Erste Projekte in Gang
Mit der Veranstaltung von Tanz-vergnügungen wie die «Santa Over the Rainbow»-Party vor Weihnachten schlägt «Equal Ground» gleich zwei Fliegen mit einer Klappe. Die Szene hat für eine Nacht ein Stelldichein und die Organisation kann aus den Einnahmen ihre Arbeit finanzieren. «Im vergangenen Jahr haben wir zum Beispiel ein Handbuch zum Thema Menschenrechte herausgebracht», sagt Ranjan Karunaratne und fügt hinzu: «Unser grosses Ziel ist die Entkriminalisierung der Homosexualität.» Ein Projekt, das so schnell wie möglich realisiert werden soll, ist die Einrichtung eines schwul-lesbischen Zentrums in Colombo. Die Parties offenbaren aber auch ein Dilemma. Partytickets für 1000 Rupien (Fr. 5.50) können sich viele ceylonesische Schwule und Lesben nicht leisten. Das sorgt für Unfrieden in der Szene. Gleichwohl hatten über 300 schwule Männer den Weg zur Santa-Party mit ihren vergnüglichen Show-Acts gefunden, bis in die frühen Morgenstunden das Tanzbein geschwungen und so mancher fand seinen persönlichen Santa für die Nacht.

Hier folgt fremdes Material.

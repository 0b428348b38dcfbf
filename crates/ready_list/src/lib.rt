//! The ready lists: for each priority a list of tasks, each linked in two directions.
//!
//! A link is made or removed in the forward chain first and then in the backward chain. Each of these
//! two calls changes the one chain at the place that its contract names, and looks at no other node
//! than the neighbours of that place. Between them nothing is remembered.
#![tactic(auto)]

ghost use Rattle.std.specs.Prelude.{◌≡◌, [], false, replicate};
ghost use Rattle.links.specs.Nodes.{AreOwn};

mod calls;
mod reads;
mod steps;

use links::Links;
use prio_map::PrioMap;
use std::marker::Model;

/// The ready lists. Contracts see, for each priority, its forward list and its backward list, and
/// whether it is in the set of priorities; and the successor and the predecessor of each node.
#[derive(Drop)]
pub struct ReadyList<L: Links> {
    links: L,
    marks: PrioMap,
}

impl<L: Links> Model for ReadyList<L> {
    ghost use Rattle.ready_list.specs.Lists.{ReadyLists};

    ghost Value = { ReadyLists };

    ghost use Rattle.ready_list.specs.Ready.{lists_of, AreReady};

    ghost view = { λ a. lists_of (L.nexts a.links) (L.prevs a.links) a.marks };

    ghost invariant = { λ a. AreReady (L.nexts a.links) (L.prevs a.links) };
}

impl<L: Links> ReadyList<L> {
    /// Empty ready lists, over fresh nodes: 64 for the tasks, then one for each priority.
    pub fn new(links: L) -> ReadyList<L>
        requires { AreOwn 128 (L.nexts links) × AreOwn 128 (L.prevs links) }
        ensures lists { (result.forward ≡ replicate 64 []) × (result.back ≡ replicate 64 []) }
        ensures marked { result.marked ≡ replicate 64 false }
        ensures links { AreOwn 128 result.nexts × AreOwn 128 result.prevs }
    {
        ReadyList {
            links,
            marks: PrioMap::new(),
        }
    }
}
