// One link made or removed, in one direction.

ghost use Rattle.std.specs.Prelude.{◌≡◌, ◌<◌, ◌+◌, ℕ, true, slice_index, slice_set};
ghost use Rattle.links.specs.Chain.{total, times, list_at, node_before, left, linked_after, unlinked_after};
ghost use Rattle.ready_list.specs.Lists.{joined, join_place, join_node, unmarked};

use crate::ReadyList;
use kern_base::{Prio, TaskId};
use links::{Links, link_next, link_prev, unlink_next, unlink_prev};

// The node at the head of a priority's list.
pub(crate) fn head_node(prio: Prio) -> u16
    requires { prio.0 < 64 }
    ensures { result ≡ 64 + prio.0 }
{
    64 + prio.0 as u16
}

impl<L: Links> ReadyList<L> {
    /// The node behind which a task joins: the last of the list, or its head.
    pub fn join_after(&self, prio: Prio, tail: bool) -> u16
        requires { prio.0 < 64 }
        ensures before { result ≡ node_before (64 + prio.0) (list_at self.now.back prio.0) (join_place tail (list_at self.now.back prio.0)) }
        ensures node { result ≡ join_node self.now prio.0 tail }
        ensures below { result < 128 }
    {
        let head = head_node(prio);
        if tail { self.links.prev(head) } else { head }
    }

    /// Links a task into the forward list of its priority, at the tail or at the head.
    pub fn link_forward(&mut self, task: TaskId, prio: Prio, tail: bool)
        requires numbers { (task.0 < 64) × (prio.0 < 64) }
        requires whole { self.old.forward ≡ self.old.back }
        requires nowhere { total task.0 self.old.forward ≡ 0 }
        ensures forward { self.new.forward ≡ joined self.old.forward prio.0 tail task.0 }
        ensures nexts { self.new.nexts ≡ linked_after self.old.nexts (join_node self.old prio.0 tail) task.0 }
        ensures others { (self.new.back ≡ self.old.back) × (self.new.prevs ≡ self.old.prevs) × (self.new.marked ≡ self.old.marked) }
    {
        let before = self.join_after(prio, tail);
        link_next(&mut self.links, before, task.0 as u16);
    }

    /// Links a task, which was just linked forward, into the backward list too.
    pub fn link_back(&mut self, task: TaskId, _prio: Prio, _tail: bool)
        requires numbers { (task.0 < 64) × (_prio.0 < 64) }
        requires half { self.old.forward ≡ joined self.old.back _prio.0 _tail task.0 }
        requires nowhere { total task.0 self.old.back ≡ 0 }
        ensures back { self.new.back ≡ joined self.old.back _prio.0 _tail task.0 }
        ensures prevs { self.new.prevs ≡ linked_after self.old.prevs (slice_index self.old.nexts task.0) task.0 }
        ensures others { (self.new.forward ≡ self.old.forward) × (self.new.nexts ≡ self.old.nexts) × (self.new.marked ≡ self.old.marked) }
    {
        let after = self.links.next(task.0 as u16);
        link_prev(&mut self.links, after, task.0 as u16);
    }

    /// Puts a priority into the set.
    pub fn mark(&mut self, prio: Prio)
        requires { prio.0 < 64 }
        ensures marked { self.new.marked ≡ slice_set self.old.marked prio.0 true }
        ensures lists { (self.new.forward ≡ self.old.forward) × (self.new.back ≡ self.old.back) }
        ensures links { (self.new.nexts ≡ self.old.nexts) × (self.new.prevs ≡ self.old.prevs) }
    {
        self.marks.insert(prio.0);
    }

    /// Takes a task out of its forward list.
    pub fn unlink_forward(&mut self, task: TaskId)
        requires number { task.0 < 64 }
        requires whole { self.old.forward ≡ self.old.back }
        requires stands { 0 < total task.0 self.old.forward }
        ensures forward { (p : ℕ) → p < 64 → 0 < times task.0 (list_at self.old.forward p) → self.new.forward ≡ left self.old.forward p task.0 }
        ensures nowhere { total task.0 self.new.forward ≡ 0 }
        ensures nexts { self.new.nexts ≡ unlinked_after self.old.nexts (slice_index self.old.prevs task.0) task.0 }
        ensures others { (self.new.back ≡ self.old.back) × (self.new.prevs ≡ self.old.prevs) × (self.new.marked ≡ self.old.marked) }
    {
        let before = self.links.prev(task.0 as u16);
        unlink_next(&mut self.links, before, task.0 as u16);
    }

    /// Takes a task, which was just taken out of the forward list of its priority, out of the backward list too.
    /// The priority leaves the set where its list became empty.
    pub fn unlink_back(&mut self, task: TaskId, prio: Prio)
        requires numbers { (task.0 < 64) × (prio.0 < 64) }
        requires half { self.old.forward ≡ left self.old.back prio.0 task.0 }
        requires stands { 0 < times task.0 (list_at self.old.back prio.0) }
        ensures back { self.new.back ≡ left self.old.back prio.0 task.0 }
        ensures marked { self.new.marked ≡ unmarked self.new.back prio.0 self.old.marked }
        ensures prevs { self.new.prevs ≡ unlinked_after self.old.prevs (slice_index self.old.nexts (slice_index self.old.prevs task.0)) task.0 }
        ensures others { (self.new.forward ≡ self.old.forward) × (self.new.nexts ≡ self.old.nexts) }
    {
        let before = self.links.prev(task.0 as u16);
        let after = self.links.next(before);
        unlink_prev(&mut self.links, after, task.0 as u16);
        let head = head_node(prio);
        if self.links.prev(head) == head {
            self.marks.remove(prio.0);
        }
    }
}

In diesem Jahr will die «Equal Pride» Ende Mai mit dem zweiten «Gay Pride» den Schritt in die Öffentlichkeit wagen. Gleich ein ganzes Wochenende lang soll die Regenbogenflagge über Colombo wehen. Genau gesagt, sollen Regenbogendrachen in den Himmel über Sri Lanka steigen. Das Drachensteigenlassen ist ein Nationalhobby in Sri Lanka. «Hier in Sri Lanka kann man kann alles machen, solange es nicht zu öffentlich ist», sagt Festivaldirektor Sahran. Mit dem «Rainbow Kite»-Festival solle getestet werden, wie öffentlich Lesben und Schwule in Ceylon werden können.